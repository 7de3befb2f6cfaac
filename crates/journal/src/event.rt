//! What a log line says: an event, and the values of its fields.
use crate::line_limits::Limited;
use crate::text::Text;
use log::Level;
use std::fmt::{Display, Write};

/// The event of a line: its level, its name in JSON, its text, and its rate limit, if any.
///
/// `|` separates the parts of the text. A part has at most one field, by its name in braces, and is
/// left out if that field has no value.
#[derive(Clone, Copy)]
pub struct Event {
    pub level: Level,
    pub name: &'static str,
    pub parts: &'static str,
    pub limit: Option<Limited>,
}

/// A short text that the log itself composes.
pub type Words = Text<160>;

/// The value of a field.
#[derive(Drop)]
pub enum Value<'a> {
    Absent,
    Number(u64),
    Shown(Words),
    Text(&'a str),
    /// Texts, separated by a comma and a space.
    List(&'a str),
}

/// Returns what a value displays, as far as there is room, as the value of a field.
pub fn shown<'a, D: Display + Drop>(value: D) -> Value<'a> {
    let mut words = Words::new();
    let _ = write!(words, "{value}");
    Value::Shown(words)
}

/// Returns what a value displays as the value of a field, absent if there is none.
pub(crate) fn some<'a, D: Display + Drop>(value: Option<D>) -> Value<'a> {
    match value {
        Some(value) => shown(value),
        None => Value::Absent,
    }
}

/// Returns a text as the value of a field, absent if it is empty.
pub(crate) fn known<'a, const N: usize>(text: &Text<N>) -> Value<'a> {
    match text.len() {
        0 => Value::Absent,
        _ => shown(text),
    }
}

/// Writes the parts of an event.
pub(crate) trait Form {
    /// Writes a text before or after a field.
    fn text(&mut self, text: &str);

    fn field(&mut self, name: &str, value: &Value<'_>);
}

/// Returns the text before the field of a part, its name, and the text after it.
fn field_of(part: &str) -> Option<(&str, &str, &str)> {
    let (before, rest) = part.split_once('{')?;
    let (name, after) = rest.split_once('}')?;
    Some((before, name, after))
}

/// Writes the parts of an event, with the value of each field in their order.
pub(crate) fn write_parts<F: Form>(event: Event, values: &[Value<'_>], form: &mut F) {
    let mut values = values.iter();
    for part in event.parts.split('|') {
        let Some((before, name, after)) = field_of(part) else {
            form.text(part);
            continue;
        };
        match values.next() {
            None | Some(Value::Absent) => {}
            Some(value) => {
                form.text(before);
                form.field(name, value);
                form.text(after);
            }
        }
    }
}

▬▬▬▬▬▬

Both the first line of the data above and the line with "pub type Words = Text<160>;" must be included; please return exactly those lines and the ones between them.

repository 7de3befb2f6cfaac
filename crates/journal/src/event.rt
//! What a log line says: an event, and the values of its fields.
use crate::line_limits::Limited;
use crate::text::Text;
use log::Level;
use std::fmt::{Display, Write};

/// The event of a line: its level, its name in JSON, its text, and its rate limit, if any.
///
/// `|` separates the parts of the text. A part has at most one field, by its name in braces, and is
/// left out if that field has no value.
#[derive(Clone, Copy)]
pub struct Event {
    pub level: Level,
    pub name: &'static str,
    pub parts: &'static str,
    pub limit: Option<Limited>,
}

/// A short text that the log itself composes.
pub type Words = Text<160>;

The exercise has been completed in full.